* _Stored items_:
○ ○ ○ ○
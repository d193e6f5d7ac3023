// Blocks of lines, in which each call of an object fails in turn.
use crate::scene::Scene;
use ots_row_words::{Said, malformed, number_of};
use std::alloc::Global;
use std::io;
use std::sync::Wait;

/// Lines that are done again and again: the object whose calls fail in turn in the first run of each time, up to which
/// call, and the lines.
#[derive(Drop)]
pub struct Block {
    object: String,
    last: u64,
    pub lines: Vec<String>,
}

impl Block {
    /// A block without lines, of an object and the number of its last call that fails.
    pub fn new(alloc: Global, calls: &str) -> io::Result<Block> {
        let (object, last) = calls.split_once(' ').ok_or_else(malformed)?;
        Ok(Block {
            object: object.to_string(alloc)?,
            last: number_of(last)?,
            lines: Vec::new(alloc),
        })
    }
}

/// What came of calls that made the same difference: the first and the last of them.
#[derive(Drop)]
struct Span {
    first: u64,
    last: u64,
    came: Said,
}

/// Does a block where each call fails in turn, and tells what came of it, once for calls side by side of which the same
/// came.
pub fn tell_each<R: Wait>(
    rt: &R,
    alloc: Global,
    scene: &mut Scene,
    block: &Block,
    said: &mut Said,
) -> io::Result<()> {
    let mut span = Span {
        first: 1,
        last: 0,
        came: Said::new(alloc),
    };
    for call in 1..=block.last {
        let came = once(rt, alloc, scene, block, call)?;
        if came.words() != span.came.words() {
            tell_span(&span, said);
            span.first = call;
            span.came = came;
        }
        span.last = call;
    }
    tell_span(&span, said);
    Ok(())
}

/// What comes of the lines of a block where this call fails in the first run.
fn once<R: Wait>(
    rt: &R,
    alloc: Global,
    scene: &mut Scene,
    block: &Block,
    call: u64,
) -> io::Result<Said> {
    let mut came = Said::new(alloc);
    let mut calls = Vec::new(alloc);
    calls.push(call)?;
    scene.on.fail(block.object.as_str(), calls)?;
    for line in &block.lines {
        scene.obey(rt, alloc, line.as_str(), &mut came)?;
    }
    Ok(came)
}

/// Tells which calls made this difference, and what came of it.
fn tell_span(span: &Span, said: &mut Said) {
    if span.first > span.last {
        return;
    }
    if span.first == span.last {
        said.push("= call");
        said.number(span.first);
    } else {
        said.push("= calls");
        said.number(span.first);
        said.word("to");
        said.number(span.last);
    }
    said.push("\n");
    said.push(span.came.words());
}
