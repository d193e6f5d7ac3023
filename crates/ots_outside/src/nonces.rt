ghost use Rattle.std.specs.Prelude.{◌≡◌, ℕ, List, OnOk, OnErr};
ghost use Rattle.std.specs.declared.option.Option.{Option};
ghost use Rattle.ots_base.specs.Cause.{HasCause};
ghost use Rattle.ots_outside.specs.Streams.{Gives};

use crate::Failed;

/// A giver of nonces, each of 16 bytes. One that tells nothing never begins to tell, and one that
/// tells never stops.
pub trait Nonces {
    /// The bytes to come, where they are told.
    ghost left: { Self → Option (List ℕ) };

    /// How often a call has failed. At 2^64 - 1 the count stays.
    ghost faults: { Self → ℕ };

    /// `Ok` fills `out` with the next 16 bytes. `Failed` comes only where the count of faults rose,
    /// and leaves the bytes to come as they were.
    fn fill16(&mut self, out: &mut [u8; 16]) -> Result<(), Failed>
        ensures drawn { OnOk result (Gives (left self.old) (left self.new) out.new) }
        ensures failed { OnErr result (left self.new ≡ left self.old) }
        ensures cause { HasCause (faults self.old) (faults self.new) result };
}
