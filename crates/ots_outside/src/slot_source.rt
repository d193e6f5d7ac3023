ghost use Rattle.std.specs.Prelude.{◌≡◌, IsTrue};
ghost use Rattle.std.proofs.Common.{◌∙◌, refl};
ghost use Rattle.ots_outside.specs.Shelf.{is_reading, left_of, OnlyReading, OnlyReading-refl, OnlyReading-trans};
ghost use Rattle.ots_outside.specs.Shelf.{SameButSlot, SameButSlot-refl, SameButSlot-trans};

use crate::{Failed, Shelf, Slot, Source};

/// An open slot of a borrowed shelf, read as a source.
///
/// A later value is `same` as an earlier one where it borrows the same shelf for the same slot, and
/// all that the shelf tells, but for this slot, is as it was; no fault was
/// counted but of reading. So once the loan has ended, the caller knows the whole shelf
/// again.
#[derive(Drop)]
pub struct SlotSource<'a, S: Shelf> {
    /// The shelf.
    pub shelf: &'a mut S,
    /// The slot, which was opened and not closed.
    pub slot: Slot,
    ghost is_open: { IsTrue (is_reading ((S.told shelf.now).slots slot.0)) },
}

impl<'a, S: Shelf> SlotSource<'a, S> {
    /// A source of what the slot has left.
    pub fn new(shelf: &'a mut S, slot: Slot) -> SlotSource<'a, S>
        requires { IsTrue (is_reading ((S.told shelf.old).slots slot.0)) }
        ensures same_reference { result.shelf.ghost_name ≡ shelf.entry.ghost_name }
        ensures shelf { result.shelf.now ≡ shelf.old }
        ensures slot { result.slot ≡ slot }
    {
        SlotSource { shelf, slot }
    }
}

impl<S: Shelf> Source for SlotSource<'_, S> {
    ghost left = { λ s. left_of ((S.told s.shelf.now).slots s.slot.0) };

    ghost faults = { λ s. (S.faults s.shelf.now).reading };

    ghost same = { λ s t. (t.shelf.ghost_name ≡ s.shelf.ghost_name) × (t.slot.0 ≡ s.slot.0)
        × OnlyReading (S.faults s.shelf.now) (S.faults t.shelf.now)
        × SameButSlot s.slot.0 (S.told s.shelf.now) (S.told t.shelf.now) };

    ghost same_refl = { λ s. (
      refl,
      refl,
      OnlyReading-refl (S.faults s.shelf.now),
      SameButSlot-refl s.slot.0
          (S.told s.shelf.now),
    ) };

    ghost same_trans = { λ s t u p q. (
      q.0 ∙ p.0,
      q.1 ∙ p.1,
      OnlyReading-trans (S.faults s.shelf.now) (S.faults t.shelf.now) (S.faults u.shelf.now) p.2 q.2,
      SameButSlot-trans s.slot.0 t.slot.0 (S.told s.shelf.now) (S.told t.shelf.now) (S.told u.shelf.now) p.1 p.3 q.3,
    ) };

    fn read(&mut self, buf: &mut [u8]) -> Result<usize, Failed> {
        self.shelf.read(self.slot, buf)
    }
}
○ ○ ○ ○
* _PROBLEM TO WORK ON_: Locate the lines above that contain "struct" and copy them.

* _TASK SOLUTION_:
pub struct Block {
struct Span {
pub struct SlotSource<'a, S: Shelf> {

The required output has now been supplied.